However, this is only a piece of the taxes pie.

Two weeks ago the House approved a $550 billion tax cut bill, while the White House’s total proposed cut is $726 billion. But exactly who will benefit from this cut?

John Snow will. He’s the US Treasury Secretary, who could gain up to $275,000 through this cut. Defense Secretary Rumsfeld is looking at $184,000, and even the Secretary of Commerce Don Evans could go home with $181,000 extra in his pocket.

Why will these powerful and influential people be receiving so much money from this tax cut? Because Bush’s plan centers around eliminating taxes on stock dividends. This would mostly benefit the top five percent of wealthy Americans. But while its supposed to be particularly beneficial for older taxpayers, in reality less than one-fourth of Americans 65 and older live in a family that receives any dividend income at all. The Fair Taxes for All coalition claims the tax cuts are “far too large, poorly designed, and highly inequitable.”

The FTFA is a broad network of organizations including labor, civil rights, affordable housing, women’s rights, health, hunger, children’s and other groups that collectively oppose the Bush tax cut plan and collectively represent over five million taxpaying Americans. Can five million people be wrong?

The Bush plan would leave 31 percent of Americans without any aid at all while slashing the tax burden of the top percentage of Americans who earn more than $1 million annually. As one supporter of the Fair Taxes For All coalition puts it, “The Bush Recession is already crushing America’s working families, and now the president wants to bury them. We need an economic recovery program designed to help those hardest hit by the downturn, not one that aids the wealthiest among us or includes tax breaks to corporations that will not create jobs or help working Americans.”

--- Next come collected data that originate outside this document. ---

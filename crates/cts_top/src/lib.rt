//! The program's one call: from words, an input and an output to a status.
//!
//! The layer above may use [`run`], which may wait for its workers or callers, [`run_alone`], which returns and serves the
//! forms of one thread, [`end_without_memory`] where it can't even collect the words, the statuses, and what an [`Outcome`] is made of: the [`Table`] of a
//! memo, the [`Entry`]s of a history, and each [`Reply`] to a caller. What stands beside them is private: the
//! words (`words`), what each form does (`serve`), the instance of an input (`input`), its
//! synthesis by workers (`by_workers`, `workers`) and by one thread, and the text for it (`answer`), its trunk with repeaters
//! (`trunk`, `trunk_words`), the edits of callers (`edit`), the tree over the nearest-pair topology (`near`), the verdict on a
//! report (`verdict`), the room that their lists share (`room`), that an instance is valid (`valid`), and the notes (`stop`,
//! `notes`).
#![tactic(auto)]

mod answer;
mod by_workers;
mod calls;
mod edit;
mod host;
mod input;
mod near;
mod notes;
mod outcome;
mod replay;
mod room;
mod serve;
mod stop;
mod trunk;
mod trunk_words;
mod valid;
mod verdict;
mod words;
mod workers;

pub use calls::{end_without_memory, run, run_alone};
pub use cts_design::Entry;
pub use cts_history::Reply;
pub use cts_memo::Table;
pub use cts_notes::Status;
pub use host::{run_for_host, run_on};
pub use outcome::Outcome;
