//! The synthesis of an instance over its nearest-pair topology, and the text for it.

ghost use Rattle.std.specs.Prelude.{◌≤◌, length};
ghost use Rattle.cts_io.specs.Text.{Writes};
ghost use Rattle.cts_near.specs.Ends.{max_near_sinks};
ghost use Rattle.cts_top.specs.Near.{TellsNear, no_step_text};
ghost use Rattle.cts_top.specs.Written.{Answers};

use crate::answer::{Telling, answer_synthesis};
use crate::stop::{Answer, Stop, ended};
use crate::valid::instance_is_valid;
use cts_instance::Instance;
use cts_io::{ByteSink, SinkBuffer, WriteEnd};
use cts_near::{NoNearTree, synthesise_near};
use cts_notes::put_numbered;
use std::alloc::Global;

/// The line that says at which step there is no topology, and so no tree. It takes no memory.
fn write_no_step<K: ByteSink>(sink: &mut K, step: u32) -> Result<(), WriteEnd>
    ensures { Writes K.held K.faults sink.old sink.new (no_step_text step) result }
{
    let mut out = SinkBuffer::new();
    put_numbered(&mut out, sink, b"no tree: beyond at step ", step as u64);
    out.put(sink, b"\n");
    out.finish(sink)
}

/// Writes the text for the synthesis of an instance over its nearest-pair topology: the report of its tree, or the
/// line that says why it has none.
pub fn answer_near<K: ByteSink>(
    alloc: Global,
    sink: &mut K,
    instance: &Instance,
) -> Result<Answer, Stop>
    requires { length instance.now.sinks ≤ max_near_sinks }
    ensures { Answers (TellsNear instance.now) K.held K.faults sink.old sink.new result }
{
    instance_is_valid(instance);
    match synthesise_near(alloc, instance) {
        Ok((tree, figures)) => {
            answer_synthesis(sink, Telling::Report, instance, Ok((tree, figures)))
        }
        Err(NoNearTree::Over(end)) => {
            answer_synthesis(sink, Telling::Report, instance, Err(end))
        }
        Err(NoNearTree::AtStep { step }) => ended(write_no_step(sink, step), Answer::NoTree),
        // There are few enough sinks.
        Err(NoNearTree::Many) => unreachable!(),
    }
}
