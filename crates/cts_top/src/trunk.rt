//! The trunk of an instance's tree with repeaters, and the text for it.

ghost use Rattle.std.specs.Prelude.{◌≡◌, ◌++◌, ◌≤◌, ◌<◌, ◌^◌, Ok, IsErrOf};
ghost use Rattle.cts_elmore.specs.Measurement.{HasFigures};
ghost use Rattle.cts_io.specs.Text.{Writes};
ghost use Rattle.cts_plain.specs.Synthesis.{made};
ghost use Rattle.cts_report.specs.Report.{IsPrintable, report_text};
ghost use Rattle.cts_top.specs.Log.{no_log};
ghost use Rattle.cts_top.specs.Outcome.{Serves};
ghost use Rattle.cts_top.specs.Synthesised.{IsSynthesised};
ghost use Rattle.cts_top.specs.Trunk.{IsExactly, IsNoTrunkLine, IsTrunkText, TellsTrunk};
ghost use Rattle.cts_top.specs.Written.{Answers};
ghost use Rattle.cts_trunk.specs.Lines.{IsPrintableTrunk, trunk_text};

use crate::answer::{answer_no_tree, synthesise_alone};
use crate::serve::read_source;
use crate::stop::{Answer, Stop, ended};
use crate::valid::instance_is_valid;
use crate::words::Form;
use cts_elmore::Figures;
use cts_instance::Instance;
use cts_io::{ByteSink, ByteSource, SinkBuffer, WriteEnd};
use cts_report::write_report;
use cts_tree::Tree;
use cts_trunk::{Trunk, TrunkEnd, lay_trunk, write_trunk};
use std::alloc::Global;

/// A line of its own. It takes no memory.
fn write_line<K: ByteSink>(sink: &mut K, line: &[u8]) -> Result<(), WriteEnd>
    ensures { Writes K.held K.faults sink.old sink.new line.now result }
{
    let mut out = SinkBuffer::new();
    out.put(sink, line);
    out.finish(sink)
}

/// Writes why a tree has no trunk with repeaters, unless memory ran out.
fn answer_no_trunk<K: ByteSink>(sink: &mut K, end: TrunkEnd) -> Result<Answer, Stop>
    ensures { Answers (IsNoTrunkLine end) K.held K.faults sink.old sink.new result }
{
    match end {
        TrunkEnd::Buffer => ended(write_line(sink, b"no trunk: buffer\n"), Answer::NoTrunk),
        TrunkEnd::Many => ended(write_line(sink, b"no trunk: many\n"), Answer::NoTrunk),
        TrunkEnd::Beyond => ended(write_line(sink, b"no trunk: beyond\n"), Answer::NoTrunk),
        TrunkEnd::NoMemory => Err(Stop::NoMemory),
    }
}

/// Writes the text of a trunk, and directly after it the report of its tree without repeaters. It takes no
/// memory.
fn answer_laid<K: ByteSink>(
    sink: &mut K,
    instance: &Instance,
    tree: &Tree,
    figures: &Figures,
    trunk: &Trunk,
) -> Result<Answer, Stop>
    requires trunk { IsPrintableTrunk trunk.now }
    requires tree { IsPrintable tree.now figures.now }
    ensures { Answers (IsExactly Answer.Text (trunk_text trunk.now ++ report_text instance.now.version tree.now figures.now))
        K.held K.faults sink.old sink.new result }
{
    write_trunk(sink, trunk)?;
    ended(write_report(sink, instance, tree, figures), Answer::Text)
}

/// Writes the text for the trunk of a tree with repeaters, or why there is none.
fn answer_tree<K: ByteSink>(
    alloc: Global,
    sink: &mut K,
    instance: &Instance,
    tree: &Tree,
    figures: &Figures,
    step: u64,
    buffer: u16,
) -> Result<Answer, Stop>
    requires some { 1 ≤ step }
    requires small { step < 2 ^ 31 }
    requires synthesised { IsSynthesised instance.now (Ok (tree.now, figures.now)) }
    requires measured { HasFigures instance.now tree.now figures.now }
    ensures { Answers (IsTrunkText instance.now step buffer (made tree.now)) K.held K.faults sink.old sink.new result }
{
    instance_is_valid(instance);
    match lay_trunk(alloc, instance, tree, figures, step, buffer) {
        Ok(trunk) => answer_laid(sink, instance, tree, figures, &trunk),
        Err(end) => answer_no_trunk(sink, end),
    }
}

/// Writes the text for the trunk, with repeaters, of an instance's tree, which one thread makes.
fn answer_trunk<K: ByteSink>(
    alloc: Global,
    sink: &mut K,
    instance: &Instance,
    step: u64,
    buffer: u16,
) -> Result<Answer, Stop>
    requires some { 1 ≤ step }
    requires small { step < 2 ^ 31 }
    ensures { Answers (TellsTrunk instance.now step buffer) K.held K.faults sink.old sink.new result }
{
    instance_is_valid(instance);
    match synthesise_alone(alloc, instance) {
        Ok((tree, figures)) => answer_tree(alloc, sink, instance, &tree, &figures, step, buffer),
        Err(end) => answer_no_tree(sink, instance, end),
    }
}

/// Reads an instance, and writes the trunk of its tree with repeaters of the library's buffer of this index at
/// the multiples of a step in nm, and the report of that tree; or that there is none.
pub fn serve_trunk<S: ByteSource, K: ByteSink>(
    alloc: Global,
    source: &mut S,
    sink: &mut K,
    step: u64,
    buffer: u16,
) -> Result<Answer, Stop>
    requires some { 1 ≤ step }
    requires small { step < 2 ^ 31 }
    ensures serves { Serves no_log (Form.Trunk step buffer)
        (record { tells = S.left; faults = S.faults; before = source.old; after = source.new })
        (record { tells = K.held; faults = K.faults; before = sink.old; after = sink.new }) result }
    ensures words { IsErrOf result Stop.Words → ⊥ }
{
    let instance = read_source(alloc, source)?;
    answer_trunk(alloc, sink, &instance, step, buffer)
}
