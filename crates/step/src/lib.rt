// The step over a lent tally (SPECIFICATION 7.2). Public, through crate `storeless`.
//
// The stages and all counting are by value, in crate `calls`. `step` only carries the tally there and back, and `step_of` is the same by value: the
// theorems of crate `tie` name both.
#![tactic(auto)]

ghost use Rattle.std.specs.Prelude.{◌≡◌};
ghost use Rattle.pool.specs.Answers.{refusal_of};
ghost use Rattle.pool.specs.Tallies.{tally_after};
ghost use Rattle.answers.specs.Among.{Among};
ghost use Rattle.answers.specs.Refusals.{by_step};
ghost use Rattle.calls.specs.Tallied.{stepped_of};
ghost use Rattle.step.specs.Answers.{answered_of};

use calls::Stepped;
use pool::{Answer, Pool, Tally};

/// What a step returns: its answer and the pool.
#[derive(Clone, Copy, Debug, PartialEq, Eq)]
pub struct Answered {
    pub answer: Answer,
    pub pool: Pool,
}

/// SPECIFICATION 3.3. A step that is turned down leaves the tally as it was lent (SPECIFICATION 3.10): so says `tally_after`.
pub fn step(pool: Pool, client: u8, tally: &mut Tally) -> Answered
    ensures value { (result ≡ answered_of pool client) × (tally.new ≡ tally_after pool client tally.old) }
    ensures among { Among by_step (refusal_of result.answer) }
{
    let stepped = calls::step_tallied(pool, client, *tally);
    *tally = stepped.tally;
    Answered {
        answer: stepped.answer,
        pool: stepped.pool,
    }
}

/// The step on a tally that this function owns, lends to `step` and hands back, so that those who call it lend nothing.
pub fn step_of(pool: Pool, client: u8, tally: Tally) -> Stepped
    ensures value { result ≡ stepped_of pool client tally }
    ensures among { Among by_step (refusal_of result.answer) }
{
    let mut lent = tally;
    let answered = step(pool, client, &mut lent);
    Stepped {
        answer: answered.answer,
        tally: lent,
        pool: answered.pool,
    }
}
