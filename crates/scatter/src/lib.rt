// The bits of some bytes put at the places of a frame, eight places for each byte.
#![tactic(auto)]

ghost use Rattle.std.specs.Prelude.{◌≡◌, ◌*◌, ◌<◌, ◌≤◌, length};
ghost use Rattle.bits.specs.Bit.{bit_at};
ghost use Rattle.fields.specs.Below.{Below};
ghost use Rattle.scatter.specs.Scatter.{RunAt, put_places};

// How many places from number j on follow each other in one octet and get bits of one byte.
fn run_at(places: &[u8], j: usize) -> usize
    requires { j < length places.now }
    ensures { RunAt places.now j result }
{
    let p = places[j] as usize;
    let most = (8 - p % 8).min(8 - j % 8).min(places.len() - j);
    // The number is the answer, so a chain over parts of the places says it no plainer.
    for r in 1..most {
        if places[j + r] as usize != p + r {
            return r;
        }
    }
    most
}

// The bits of some bytes, from the first on, at the places of a frame, run by run.
pub fn at_places(o: [u8; 20], places: &[u8], from: &[u8]) -> [u8; 20]
    requires { Below 160 places.now × (length places.now ≤ 8 * length from.now) }
    ensures { result ≡ put_places o places.now (bit_at from.now) 0 }
{
    let mut octets = o;
    let mut j: usize = 0;
    // By hand, since a turn passes as many places as the run has.
    while j < places.len() {
        let p = places[j] as usize;
        let r = run_at(places, j);
        put::put_top(&mut octets, p, r, put::from_bit(from[j / 8], j % 8));
        j += r;
    }
    octets
}
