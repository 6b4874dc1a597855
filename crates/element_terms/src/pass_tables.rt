//! Tables of the names that combinators let pass.

ghost use Rattle.std.specs.Prelude.{◌≡◌, ◌≢◌, ◌≤◌, ◌<◌, ◌+◌, ◌^◌, ◌==◌, ℕ, List, bytes_eq, string_bytes, IfOk, OnOk};
ghost use Rattle.std.specs.List.{list_all};
ghost use Rattle.element_terms.specs.Combinators.{is_among, lets_pass};
ghost use Rattle.element_terms.specs.NameTexts.{means};
ghost use Rattle.element_terms.specs.PassTables.{AddsCombinator, IsPassTable, Moves, stage_of};

use crate::combinators::Combinator;
use crate::names::setter_of;
use plain_text::PlainText;
use std::alloc::{AllocError, Global};
use std::collections::BTreeMap;

/// How far names come through combinators. Each `show` is a stage, which the names reach that it lists
/// and that were at the one before; `hide` puts those that it lists out of the way of all stages.
#[derive(Debug, Drop)]
pub(crate) struct PassTable {
    /// The stage of each name that is listed, and of the setters that go with them; 0 is none.
    pub(crate) stages: BTreeMap<String, usize>,
    /// The last stage.
    pub(crate) last: usize,
}

impl PassTable {
    /// Whether each combinator lets a name pass, in the time of log n of n names that they list.
    pub(crate) fn passes(&self, name: &str) -> bool
        ensures { result ≡ (stage_of self.now.stages name.now == self.now.last) }
    {
        stage_of(&self.stages, name) == self.last
    }
}

/// The table of combinators.
pub(crate) fn pass_table(alloc: Global, combinators: &[Combinator]) -> Result<PassTable, AllocError>
    ensures { IfOk result (λ table. IsPassTable combinators.now table.stages table.last) }
{
    let mut table = PassTable {
        stages: BTreeMap::new(alloc),
        last: 1,
    };
    for combinator in combinators {
        add_combinator(alloc, combinator, &mut table)?;
    }
    Ok(table)
}

/// Adds one combinator behind others.
fn add_combinator(
    alloc: Global,
    combinator: &Combinator,
    table: &mut PassTable,
) -> Result<(), AllocError>
    requires few { table.old.last + 1 < 2 ^ 64 }
    requires some { 0 < table.old.last }
    requires below { (q : List ℕ) → stage_of table.old.stages q ≤ table.old.last }
    ensures { OnOk result (AddsCombinator combinator.now table.old.stages table.old.last table.new.stages table.new.last) }
{
    let last = table.last;
    match combinator {
        Combinator::Show(names) => {
            let next = last + 1;
            move_listed(alloc, names.as_slice(), last, next, &mut table.stages)?;
            table.last = next;
            Ok(())
        }
        Combinator::Hide(names) => {
            move_listed(alloc, names.as_slice(), last, 0, &mut table.stages)
        }
    }
}

/// Moves the names that are listed, and the setters that go with them, from one stage to another.
fn move_listed(
    alloc: Global,
    names: &[PlainText],
    from: usize,
    to: usize,
    stages: &mut BTreeMap<String, usize>,
) -> Result<(), AllocError>
    requires { from ≢ to }
    ensures { OnOk result (Moves (is_among names.now) from to stages.old stages.new) }
{
    for name in names {
        move_written(alloc, name.as_str(), from, to, stages)?;
    }
    Ok(())
}

/// Moves a written name, and the setter that goes with it, from one stage to another.
fn move_written(
    alloc: Global,
    written: &str,
    from: usize,
    to: usize,
    stages: &mut BTreeMap<String, usize>,
) -> Result<(), AllocError>
    requires { from ≢ to }
    ensures { OnOk result (Moves (means written.now) from to stages.old stages.new) }
{
    let own = String::from_str(alloc, written)?;
    move_name(own, from, to, stages)?;
    let setter = setter_of(alloc, written)?;
    move_name(setter, from, to, stages)
}

/// Moves a name from one stage to another, if it is there.
fn move_name(
    name: String,
    from: usize,
    to: usize,
    stages: &mut BTreeMap<String, usize>,
) -> Result<(), AllocError>
    ensures { OnOk result (Moves (bytes_eq (string_bytes name)) from to stages.old stages.new) }
{
    if stage_of(stages, name.as_str()) != from {
        return Ok(());
    }
    stages.insert(name, to)?;
    Ok(())
}

/// The stage of a name.
fn stage_of(stages: &BTreeMap<String, usize>, name: &str) -> usize
    ensures { result ≡ stage_of stages.now name.now }
{
    stages.get(name).copied().unwrap_or(1)
}
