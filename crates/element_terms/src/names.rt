//! Names as texts.

ghost use Rattle.std.specs.Prelude.{◌≡◌, IfOk, string_bytes};
ghost use Rattle.element_terms.specs.NameTexts.{is_private, is_setter_of, means, setter_of};

use plain_text::PlainText;
use std::alloc::{AllocError, Global};
use std::marker::Model;

/// Names in the order in which they are written.
#[derive(Debug, Drop)]
pub struct NameList {
    names: Vec<PlainText>,
}

impl Model for NameList {
    ghost use Rattle.std.specs.Prelude.{ℕ, List};

    ghost Value = { List (List ℕ) };

    ghost view = { λ n. n.names.items };
}

impl NameList {
    /// The names that the vector holds, which takes no memory.
    pub fn from_vec(names: Vec<PlainText>) -> NameList
        ensures { result ≡ names.items }
    {
        NameList { names }
    }

    /// The names.
    pub fn as_slice(&self) -> &[PlainText]
        ensures { result.now ≡ self.now }
    {
        self.names.as_slice()
    }
}

/// The name of the setter that goes with a name.
pub fn setter_of(alloc: Global, name: &str) -> Result<String, AllocError>
    ensures { IfOk result (λ setter. string_bytes setter ≡ setter_of name.now) }
{
    let mut setter = String::from_str(alloc, name)?;
    setter.push_str("=")?;
    Ok(setter)
}

/// Whether the second text is the name of the setter that goes with the first.
pub fn is_setter_of(name: &str, setter: &str) -> bool
    ensures { result ≡ is_setter_of name.now setter.now }
{
    is_setter_in_bytes(name.as_bytes(), setter.as_bytes())
}

/// The same of the bytes of both.
fn is_setter_in_bytes(name: &[u8], setter: &[u8]) -> bool
    ensures { result ≡ is_setter_of name.now setter.now }
{
    if setter.len() != name.len() + 1 {
        return false;
    }
    if setter[name.len()] != b'=' {
        return false;
    }
    &setter[..name.len()] == name
}

/// Whether a name is its library's own.
pub fn is_private(name: &str) -> bool
    ensures { result ≡ is_private name.now }
{
    let name = name.as_bytes();
    !name.is_empty() && name[0] == b'_'
}

/// Whether a written name means a name: it is that, or that is the setter that goes with it.
pub fn means(written: &str, name: &str) -> bool
    ensures { result ≡ means written.now name.now }
{
    written == name || is_setter_of(written, name)
}
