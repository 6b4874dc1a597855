//! Laws of trees, over their definitions alone.

ghost use Rattle.std.specs.Prelude.{◌≡◌, ℕ, suc, if◌then◌else◌};
ghost use Rattle.dart_tree.specs.Tree.{Tree};
ghost use Rattle.dart_tree.specs.Heights.{height};
ghost use Rattle.dart_tree.specs.Nodes.{counts, greatest_height, parts_of};
ghost use Rattle.dart_tree.specs.Numbers.{numbered};
ghost use Rattle.dart_tree.specs.Bare.{bare_with};

/// A node is one higher than the highest of its parts, or as high where it does not count for the
/// depth. Neither its height nor what is left of it with ranges and numbers aside depends on its
/// numbers, and without ranges and numbers it is as high as before, whatever its words are.
pub fn tree_laws()
    ensures parts { (t : Tree) → height t ≡ (if counts t then suc (greatest_height (parts_of t)) else greatest_height (parts_of t)) }
    ensures numbers { (first : ℕ) (t : Tree) → height (numbered first t) ≡ height t }
    ensures bare { (word_of : ℕ → ℕ) (first : ℕ) (t : Tree) → bare_with word_of (numbered first t) ≡ bare_with word_of t }
    ensures words { (word_of : ℕ → ℕ) (t : Tree) → height (bare_with word_of t) ≡ height t }
{}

From my understanding of the tax cut plan’s logic, by cutting wealthy American’s and corporation’s taxes, that will give them more money to reinvest in the economy, hire more people and therefore give working American’s more money to spend. But I remember Bush’s first tax cut plan. Every American with a job was supposed to receive a refund check from our national surplus that has mysteriously disappeared with hardly a peep. But it didn’t disappear because Bush gave all that money back to taxpaying Americans. On the contrary, I didn’t even receive a check because my parents claimed me as a dependent on their tax return. Yet I was holding down three jobs at the time and was having taxes taken out of every one of my paychecks, just like any other taxpaying American citizen.